Я махнул рукой Любаве, которая уже вовсю гремела ухватами у печи, и, плеснув на лицо ледяной воды из умывальника, пошел прямиком туда, где стучало сердце всего Игнатовского — в нашу «конструкторскую». Так мы прозвали большую избу, отданную под штаб. Внутри уже кипела работа. Вся команда «мозговых штурмов» была в сборе. Осунувшийся Нартов буквально врос в какой-то чертеж. Рядом, аккуратной стопочкой раскладывая бумаги, сидел Леонтий Филиппович Магницкий — сосредоточенный и чуточку на нервах. Федька с Гришкой что-то писали. А в самом темном углу, почти слившись с тенью, примостился капитан де ла Серда. Он молча набивал трубку.
— Доброго утра, господа, — я вошел, привлекая внимание. — Пора за работу. Сегодня у нас разбор полетов.
Я подошел к столу, заваленному чертежами и деревянными моделями, и взял небольшую паузу, чтобы собраться с мыслями.
— Мы победили. Выплавили первую сталь, получили от Царя добро, компанию создали. Но давайте по-честному: мы победили вопреки. Чистое везение и Божий промысел. И если мы прямо сейчас не начнем затыкать дыры, то в следующий раз так может не свезти.
Я повернулся к Нартову. Тот оторвался от бумаг и вперился в меня взглядом.

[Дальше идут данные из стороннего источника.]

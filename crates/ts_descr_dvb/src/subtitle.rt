//! One item of a `subtitling_descriptor` (ETSI EN 300 468, 6.2.41).

use crate::listed::list_of;
use std::alloc::{AllocError, Global};
use ts_descr::{Fields, LanguageCode};
use ts_fields::FieldValue;

/// The subtitles of a component in one language (ETSI EN 300 468, 6.2.41).
#[derive(Drop)]
pub struct Subtitle {
    /// `language_code`, three bytes.
    pub language_code: LanguageCode,
    /// `subtitling_type`, 8 bits.
    pub subtitling_type: u8,
    /// `composition_page_id`, 16 bits.
    pub composition_page_id: u16,
    /// `ancillary_page_id`, 16 bits.
    pub ancillary_page_id: u16,
}

impl Fields for Subtitle {
    ghost use Rattle.ts_pages.specs.DvbPages.{subtitling};
    ghost use Rattle.ts_descr.specs.Descriptors.{item_rows};
    ghost use Rattle.ts_descr_dvb.specs.DvbFields.{subtitling_fields};

    ghost rows = { item_rows subtitling };

    ghost fields = { subtitling_fields };

    #[tactic(auto, unfolding(ts_fields::specs::Fitting::fits))]
    fn of(alloc: Global, values: &[FieldValue]) -> Result<Option<Subtitle>, AllocError> {
        let [
            FieldValue::Bytes(language_code),
            FieldValue::Number(subtitling_type),
            FieldValue::Number(composition_page_id),
            FieldValue::Number(ancillary_page_id),
        ] = values
        else {
            return Ok(None);
        };
        let Some(language_code) = LanguageCode::of(language_code) else {
            return Ok(None);
        };
        Ok(Some(Subtitle {
            language_code,
            subtitling_type: *subtitling_type as u8,
            composition_page_id: *composition_page_id as u16,
            ancillary_page_id: *ancillary_page_id as u16,
        }))
    }

    #[tactic(auto, unfolding(ts_fields::specs::Fitting::fits_uncounted))]
    fn values(&self, alloc: Global) -> Result<Vec<FieldValue>, AllocError> {
        let language_code = self.language_code.to_vec(alloc)?;
        list_of(
            alloc,
            [
                FieldValue::Bytes(language_code),
                FieldValue::Number(u64::from(self.subtitling_type)),
                FieldValue::Number(u64::from(self.composition_page_id)),
                FieldValue::Number(u64::from(self.ancillary_page_id)),
            ],
        )
    }
}
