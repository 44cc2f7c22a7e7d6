//! One item of a `content_descriptor` (ETSI EN 300 468, 6.2.9).

ghost use Rattle.std.specs.Prelude.{◌<◌, ◌^◌};

use crate::listed::list_of;
use std::alloc::{AllocError, Global};
use ts_descr::Fields;
use ts_fields::FieldValue;

/// One genre of an event (ETSI EN 300 468, 6.2.9).
#[derive(Drop)]
pub struct Classification {
    /// `content_nibble_level_1`, 4 bits.
    pub content_nibble_level_1: u8,
    /// `content_nibble_level_2`, 4 bits.
    pub content_nibble_level_2: u8,
    /// `user_byte`, 8 bits.
    pub user_byte: u8,
    ghost widths: { (content_nibble_level_1 < 2 ^ 4) × (content_nibble_level_2 < 2 ^ 4) },
}

impl Fields for Classification {
    ghost use Rattle.ts_pages.specs.DvbPages.{content};
    ghost use Rattle.ts_descr.specs.Descriptors.{item_rows};
    ghost use Rattle.ts_descr_dvb.specs.DvbFields.{content_fields};

    ghost rows = { item_rows content };

    ghost fields = { content_fields };

    #[tactic(auto, unfolding(ts_fields::specs::Fitting::fits))]
    fn of(alloc: Global, values: &[FieldValue]) -> Result<Option<Classification>, AllocError> {
        let [
            FieldValue::Number(content_nibble_level_1),
            FieldValue::Number(content_nibble_level_2),
            FieldValue::Number(user_byte),
        ] = values
        else {
            return Ok(None);
        };
        Ok(Some(Classification {
            content_nibble_level_1: *content_nibble_level_1 as u8,
            content_nibble_level_2: *content_nibble_level_2 as u8,
            user_byte: *user_byte as u8,
        }))
    }

    #[tactic(auto, unfolding(ts_fields::specs::Fitting::fits_uncounted))]
    fn values(&self, alloc: Global) -> Result<Vec<FieldValue>, AllocError> {
        list_of(
            alloc,
            [
                FieldValue::Number(u64::from(self.content_nibble_level_1)),
                FieldValue::Number(u64::from(self.content_nibble_level_2)),
                FieldValue::Number(u64::from(self.user_byte)),
            ],
        )
    }
}
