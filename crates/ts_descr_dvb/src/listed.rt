//! Values as a list.

ghost use Rattle.std.specs.Prelude.{◌≡◌, IfOk};

use std::alloc::{AllocError, Global};
use ts_fields::FieldValue;

/// The list of these values.
pub fn list_of<const N: usize>(
    alloc: Global,
    values: [FieldValue; N],
) -> Result<Vec<FieldValue>, AllocError>
    ensures { IfOk result (λ list. list.items ≡ values.entry) }
{
    Ok(Vec::from_array(alloc, values)?)
}
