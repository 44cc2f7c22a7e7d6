//! The descriptors of ETSI EN 300 468 as values with a field for each name. Descriptors come in and values go out, or
//! the other way. The layer above rests on `DvbDescr::read` and `DvbDescr::write`, by the pages of `ts_pages`.
#![tactic(auto)]

mod bouquet_name;
mod ca_system;
mod classification;
mod component;
mod country;
mod dvb_descr;
mod listed;
mod listed_service;
mod network_name;
mod private_data_specifier;
mod service;
mod short_event;
mod stream_identifier;
mod subtitle;
mod teletext_page;
mod text;

pub use bouquet_name::BouquetName;
pub use ca_system::CaSystem;
pub use classification::Classification;
pub use component::Component;
pub use country::Country;
pub use dvb_descr::DvbDescr;
pub use listed_service::ListedService;
pub use network_name::NetworkName;
pub use private_data_specifier::PrivateDataSpecifier;
pub use service::Service;
pub use short_event::ShortEvent;
pub use stream_identifier::StreamIdentifier;
pub use subtitle::Subtitle;
pub use teletext_page::TeletextPage;
pub use text::{TextBytes, TextValue, text_bytes, text_of};
pub use ts_descr::{DescrRefusal, LanguageCode};
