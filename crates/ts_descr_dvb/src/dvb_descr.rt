//! The DVB descriptors that have a page, without those of delivery systems.

ghost use Rattle.std.specs.Prelude.{◌≡◌, option_map, IfOk};
ghost use Rattle.ts_descr.specs.Descriptors.{read_typed, Writes, IsReadBack};
ghost use Rattle.ts_descr_dvb.specs.DvbDescrs.{dvb_pages, dvb_page, dvb_holding, dvb_typed};

use crate::bouquet_name::BouquetName;
use crate::ca_system::CaSystem;
use crate::classification::Classification;
use crate::component::Component;
use crate::country::Country;
use crate::listed_service::ListedService;
use crate::network_name::NetworkName;
use crate::private_data_specifier::PrivateDataSpecifier;
use crate::service::Service;
use crate::short_event::ShortEvent;
use crate::stream_identifier::StreamIdentifier;
use crate::subtitle::Subtitle;
use crate::teletext_page::TeletextPage;
use std::alloc::{AllocError, Global};
use ts_bits::Descriptor;
use ts_descr::{DescrRefusal, read_fields, read_items, write_fields, write_items};
use ts_pages::dvb;

/// A descriptor of ETSI EN 300 468, 6.2, with a field for each name of its page.
#[derive(Drop)]
pub enum DvbDescr {
    /// Tag 0x40: the name of a network (6.2.27).
    NetworkName(NetworkName),
    /// Tag 0x41: the services of a transport stream with their types (6.2.35).
    ServiceList(Vec<ListedService>),
    /// Tag 0x47: the name of a bouquet (6.2.4).
    BouquetName(BouquetName),
    /// Tag 0x48: the type, the provider and the name of a service (6.2.33).
    Service(Service),
    /// Tag 0x4D: the name of an event and a short text about it (6.2.37).
    ShortEvent(ShortEvent),
    /// Tag 0x50: the kind, the tag, the language and a text of a component (6.2.8).
    Component(Component),
    /// Tag 0x52: the tag by which other descriptors refer to a component (6.2.39).
    StreamIdentifier(StreamIdentifier),
    /// Tag 0x53: the conditional access systems of a bouquet, a service or an event (6.2.5).
    CaIdentifier(Vec<CaSystem>),
    /// Tag 0x54: the genres of an event (6.2.9).
    Content(Vec<Classification>),
    /// Tag 0x55: the minimum ages for an event, one for each country (6.2.28).
    ParentalRating(Vec<Country>),
    /// Tag 0x56: the Teletext pages of a component, each with its language (6.2.43).
    Teletext(Vec<TeletextPage>),
    /// Tag 0x59: the subtitles of a component, each with its language (6.2.41).
    Subtitling(Vec<Subtitle>),
    /// Tag 0x5F: the organisation that defines the private descriptors that follow (6.2.31).
    PrivateDataSpecifier(PrivateDataSpecifier),
}

impl DvbDescr {
    /// The value of a descriptor; `None` exactly where its tag is none of these, or its body is not of the page of
    /// its tag, in which reserved bits are ones. An `AllocError` where memory runs out.
    pub fn read(alloc: Global, from: &Descriptor) -> Result<Option<DvbDescr>, AllocError>
        ensures { IfOk result (λ o. option_map dvb_typed o ≡ read_typed dvb_pages from.now) }
    {
        match from.tag() {
            0x40 => match read_fields(alloc, &dvb::NETWORK_NAME, from)? {
                Some(value) => Ok(Some(DvbDescr::NetworkName(value))),
                None => Ok(None),
            },
            0x41 => match read_items(alloc, &dvb::SERVICE_LIST, from)? {
                Some(value) => Ok(Some(DvbDescr::ServiceList(value))),
                None => Ok(None),
            },
            0x47 => match read_fields(alloc, &dvb::BOUQUET_NAME, from)? {
                Some(value) => Ok(Some(DvbDescr::BouquetName(value))),
                None => Ok(None),
            },
            0x48 => match read_fields(alloc, &dvb::SERVICE, from)? {
                Some(value) => Ok(Some(DvbDescr::Service(value))),
                None => Ok(None),
            },
            0x4D => match read_fields(alloc, &dvb::SHORT_EVENT, from)? {
                Some(value) => Ok(Some(DvbDescr::ShortEvent(value))),
                None => Ok(None),
            },
            0x50 => match read_fields(alloc, &dvb::COMPONENT, from)? {
                Some(value) => Ok(Some(DvbDescr::Component(value))),
                None => Ok(None),
            },
            0x52 => match read_fields(alloc, &dvb::STREAM_IDENTIFIER, from)? {
                Some(value) => Ok(Some(DvbDescr::StreamIdentifier(value))),
                None => Ok(None),
            },
            0x53 => match read_items(alloc, &dvb::CA_IDENTIFIER, from)? {
                Some(value) => Ok(Some(DvbDescr::CaIdentifier(value))),
                None => Ok(None),
            },
            0x54 => match read_items(alloc, &dvb::CONTENT, from)? {
                Some(value) => Ok(Some(DvbDescr::Content(value))),
                None => Ok(None),
            },
            0x55 => match read_items(alloc, &dvb::PARENTAL_RATING, from)? {
                Some(value) => Ok(Some(DvbDescr::ParentalRating(value))),
                None => Ok(None),
            },
            0x56 => match read_items(alloc, &dvb::TELETEXT, from)? {
                Some(value) => Ok(Some(DvbDescr::Teletext(value))),
                None => Ok(None),
            },
            0x59 => match read_items(alloc, &dvb::SUBTITLING, from)? {
                Some(value) => Ok(Some(DvbDescr::Subtitling(value))),
                None => Ok(None),
            },
            0x5F => match read_fields(alloc, &dvb::PRIVATE_DATA_SPECIFIER, from)? {
                Some(value) => Ok(Some(DvbDescr::PrivateDataSpecifier(value))),
                None => Ok(None),
            },
            _ => Ok(None),
        }
    }

    /// The descriptor with this value; `TooLarge` exactly where its body would have more than 255 bytes, unless
    /// memory runs out. `read` returns this value for no other descriptor.
    pub fn write(&self, alloc: Global) -> Result<Descriptor, DescrRefusal>
        ensures written { Writes (dvb_page self.now) (dvb_holding self.now) result }
        ensures back { IfOk result (λ d. IsReadBack dvb_pages (dvb_typed self.now) d) }
    {
        match self {
            DvbDescr::NetworkName(value) => write_fields(alloc, &dvb::NETWORK_NAME, value),
            DvbDescr::ServiceList(value) => write_items(alloc, &dvb::SERVICE_LIST, value),
            DvbDescr::BouquetName(value) => write_fields(alloc, &dvb::BOUQUET_NAME, value),
            DvbDescr::Service(value) => write_fields(alloc, &dvb::SERVICE, value),
            DvbDescr::ShortEvent(value) => write_fields(alloc, &dvb::SHORT_EVENT, value),
            DvbDescr::Component(value) => write_fields(alloc, &dvb::COMPONENT, value),
            DvbDescr::StreamIdentifier(value) => write_fields(
                alloc,
                &dvb::STREAM_IDENTIFIER,
                value,
            ),
            DvbDescr::CaIdentifier(value) => write_items(alloc, &dvb::CA_IDENTIFIER, value),
            DvbDescr::Content(value) => write_items(alloc, &dvb::CONTENT, value),
            DvbDescr::ParentalRating(value) => write_items(alloc, &dvb::PARENTAL_RATING, value),
            DvbDescr::Teletext(value) => write_items(alloc, &dvb::TELETEXT, value),
            DvbDescr::Subtitling(value) => write_items(alloc, &dvb::SUBTITLING, value),
            DvbDescr::PrivateDataSpecifier(value) => write_fields(
                alloc,
                &dvb::PRIVATE_DATA_SPECIFIER,
                value,
            ),
        }
    }
}
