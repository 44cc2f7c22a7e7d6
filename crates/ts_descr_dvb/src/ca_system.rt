//! One item of a `CA_identifier_descriptor` (ETSI EN 300 468, 6.2.5).

use crate::listed::list_of;
use std::alloc::{AllocError, Global};
use ts_descr::Fields;
use ts_fields::FieldValue;

/// One conditional access system (ETSI EN 300 468, 6.2.5).
#[derive(Drop)]
pub struct CaSystem {
    /// `value`, 16 bits.
    pub value: u16,
}

impl Fields for CaSystem {
    ghost use Rattle.ts_pages.specs.DvbPages.{ca_identifier};
    ghost use Rattle.ts_descr.specs.Descriptors.{item_rows};
    ghost use Rattle.ts_descr_dvb.specs.DvbFields.{ca_identifier_fields};

    ghost rows = { item_rows ca_identifier };

    ghost fields = { ca_identifier_fields };

    #[tactic(auto, unfolding(ts_fields::specs::Fitting::fits))]
    fn of(alloc: Global, values: &[FieldValue]) -> Result<Option<CaSystem>, AllocError> {
        let [FieldValue::Number(value)] = values else {
            return Ok(None);
        };
        Ok(Some(CaSystem {
            value: *value as u16,
        }))
    }

    #[tactic(auto, unfolding(ts_fields::specs::Fitting::fits_uncounted))]
    fn values(&self, alloc: Global) -> Result<Vec<FieldValue>, AllocError> {
        list_of(alloc, [FieldValue::Number(u64::from(self.value))])
    }
}
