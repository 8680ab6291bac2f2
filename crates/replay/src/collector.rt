// The records of a recording for the collector (document 02, request One): a fresh one over a store, another length of the store, a hand-over, a reset, and a
// stream in pieces whose parts go to their calls. A store holds A5 where nothing was gathered in it.
use app_calls::calls::Lengths;
use app_records::taking::{Record, Stored};
use collect::Collector;
use session::Session;

// The collector's record, of the store's memory the bytes that are lent and those that are filled.
#[derive(Clone, Copy)]
pub struct Store {
    pub c: Collector,
    pub lent: usize,
    pub filled: usize,
}

// There is no store so long.
fn none(k: Store) -> Store {
    Store {
        lent: usize::MAX,
        ..k
    }
}

// 'k': a fresh collector over n bytes of store, all lent.
fn set_collector(k: Store, store: &mut [u8], n: usize) -> Store {
    if store.len() < n {
        return none(k);
    }
    store[0..n].fill(0xA5);
    Store {
        c: collect::reset(),
        lent: n,
        filled: n,
    }
}

// 'l': from now on the store's first n bytes are lent; memory that was not there before is filled.
fn set_store(k: Store, store: &mut [u8], n: usize) -> Store {
    let filled = k.filled;
    if store.len() < n {
        return none(k);
    }
    if filled < n {
        store[filled..n].fill(0xA5);
    }
    Store {
        lent: n,
        filled: filled.max(n),
        ..k
    }
}

fn after(k: Store, c: Collector) -> Store {
    Store { c, ..k }
}

// 't': one hand-over.
fn take(k: Store, bytes: &[u8], store: &mut [u8]) -> Store {
    let n = k.lent;
    if store.len() < n {
        return none(k);
    }
    after(
        k,
        app_answers::collected::take_call(k.c, bytes, &mut store[0..n]),
    )
}

// 'r': the reset.
fn reset(k: Store, store: &[u8]) -> Store {
    after(
        k,
        app_answers::collected::reset_call(app_text::loading::first(store, k.lent)),
    )
}

// One record but for 'g'.
pub fn stored(kind: Stored, k: Store, r: Record, m: &[u8], store: &mut [u8]) -> Store {
    match kind {
        Stored::Collector => set_collector(k, store, app_records::taking::figure(m, 0)),
        Stored::Length => set_store(k, store, app_records::taking::figure(m, 0)),
        Stored::Take => take(k, app_records::taking::one(m, r), store),
        Stored::Reset => reset(k, store),
    }
}

// How many pieces there are, with the last.
fn turns_of(cuts: &[u8]) -> usize {
    cuts.len() / 4 + 1
}

// The length of a piece, by its number; past the last all that is left.
fn size_at(cuts: &[u8], i: usize) -> usize {
    if cuts.len() / 4 <= i {
        return usize::MAX;
    }
    app_records::taking::figure(cuts, i)
}

// The next bytes of a message from a place on, as many as are asked for, or all that are left.
fn piece(m: &[u8], at: usize, size: usize) -> &[u8] {
    let left = app_text::loading::rest(m, at);
    if left.len() < size {
        return left;
    }
    app_text::loading::first(left, size)
}

// What a 'g' is given: the message in pieces, then all that is left.
fn pieces(
    e: app_calls::given::Desk,
    message: &[u8],
    cuts: &[u8],
    store: &mut [u8],
    picture: &mut [u16],
    n: Lengths,
) -> app_calls::given::Desk {
    let mut g = e;
    let mut at: usize = 0;
    for i in 0..turns_of(cuts) {
        let p = piece(message, at, size_at(cuts, i));
        g = app_calls::given::give(g, p, store, picture, n, false);
        at = at.wrapping_add(p.len());
    }
    g
}

// The session's record and the collector's after a 'g'.
#[derive(Clone, Copy)]
pub struct Played {
    pub s: Session,
    pub c: Collector,
}

fn lists_fit(n: Lengths) -> bool {
    n.one <= 8192 && n.two <= 8192 && n.three <= 8192
}

// The line of a 'g', and what it leaves.
fn said(e: app_calls::given::Desk, h: u64) -> Played {
    app_answers::lines::say_given(e.headers == 0 && e.frames == 0, e.c, e.s, h);
    Played { s: e.s, c: e.c }
}

// 'g': a stream in pieces, each rest given again until it is taken or refused; every part that is handed on goes to its call. Store and picture are what is lent;
// none where there are no lists, no store or no picture as asked for.
pub fn give(
    e: app_calls::given::Desk,
    r: Record,
    m: &[u8],
    store: &mut [u8],
    lent: usize,
    picture: &mut [u16],
    words: usize,
) -> Option<Played> {
    let store = store.get_mut(..lent)?;
    let picture = picture.get_mut(..words)?;
    let n = app_records::frames::lengths(m);
    if !lists_fit(n) {
        return None;
    }
    let cuts = app_records::taking::one(m, r);
    let g = pieces(e, app_records::taking::two(m, r), cuts, store, picture, n);
    Some(said(g, app_recording::lent::hash(picture)))
}
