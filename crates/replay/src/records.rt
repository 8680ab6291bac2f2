// What goes on from record to record of a recording. No section of document 01 is made true here: `replay` shows by its calls that the proved library does what
// the recording says.
ghost use Rattle.std.specs.Prelude.{◌≡◌};
ghost use Rattle.replay.specs.Desk.{stopped_desk, fresh_desk, records_desk, written_desk, picture_desk, store_desk, told_desk};

use crate::collector::Store;
use app_text::lines::OUT;
use collect::Collector;
use session::Session;

// The session's record and the collector's, the words of picture that are lent and whether they have 32 bits, the bytes last written, of the store's memory the
// bytes that are lent and those that were filled, and whether it goes on.
#[derive(Clone, Copy)]
pub struct Desk {
    pub s: Session,
    pub c: Collector,
    pub picture: usize,
    pub wide: bool,
    pub written: usize,
    pub lent: usize,
    pub filled: usize,
    pub go: bool,
}

// No record more.
pub fn stopped(d: Desk) -> Desk
    ensures { result ≡ stopped_desk d }
{
    Desk { go: false, ..d }
}

// The recording asks for too much, or is cut.
pub fn bad(d: Desk) -> Desk
    ensures { result ≡ stopped_desk d }
{
    app_text::lines::say(OUT, b"bad recording\n");
    stopped(d)
}

// A new case: fresh records, no picture, nothing written, no store.
pub fn fresh() -> Desk
    ensures { result ≡ fresh_desk }
{
    Desk {
        s: session::open(0),
        c: collect::reset(),
        picture: 0,
        wide: false,
        written: 0,
        lent: 0,
        filled: 0,
        go: true,
    }
}

// After a call that leaves all as it was; bad where it could not be made.
pub fn after_told(d: Desk, made: bool) -> Desk
    ensures { result ≡ told_desk d made }
{
    if made {
        return d;
    }
    bad(d)
}

// After header calls.
pub fn with_session(d: Desk, s: Session) -> Desk
    ensures { result ≡ records_desk d s d.c }
{
    with_records(d, s, d.c)
}

// After a call that wrote n bytes; bad where it could not be made, which is more bytes than there can be.
pub fn with_written(d: Desk, n: usize) -> Desk
    ensures { result ≡ written_desk d n }
{
    if n == usize::MAX {
        return bad(d);
    }
    Desk {
        written: n,
        go: true,
        ..d
    }
}

// With a picture of n words lent.
pub fn with_picture(d: Desk, n: usize, wide: bool) -> Desk
    ensures { result ≡ picture_desk d n wide }
{
    if n == usize::MAX {
        return bad(d);
    }
    Desk {
        picture: n,
        wide,
        go: true,
        ..d
    }
}

// After calls through the collector.
pub fn with_records(d: Desk, s: Session, c: Collector) -> Desk
    ensures { result ≡ records_desk d s c }
{
    Desk {
        s,
        c,
        go: true,
        ..d
    }
}

// With another store; bad where there is none so long.
pub fn with_store(d: Desk, k: Store) -> Desk
    ensures { result ≡ store_desk d k }
{
    if k.lent == usize::MAX {
        return bad(d);
    }
    Desk {
        c: k.c,
        lent: k.lent,
        filled: k.filled,
        go: true,
        ..d
    }
}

— Андрей, твоя паровая машина — зверь. Только необъезженный. В день плавки ее колотило так, что я думал, она вырвет болты из фундамента и улетит к лешему, прихватив с собой полцеха. Давление в котле скакало, как сумасшедшее. Из-за этого компрессор не дул, а плевался воздухом. Я поймал момент, когда надо было глушить, что называется «на чуйке», на каком-то шестом чувстве. Но ставить на это целое производство — слишком большой риск. Одна ошибка — и на выходе у нас тонна бесполезного чугуна. Или, что еще хуже, пережженного железа, которое только на переплавку.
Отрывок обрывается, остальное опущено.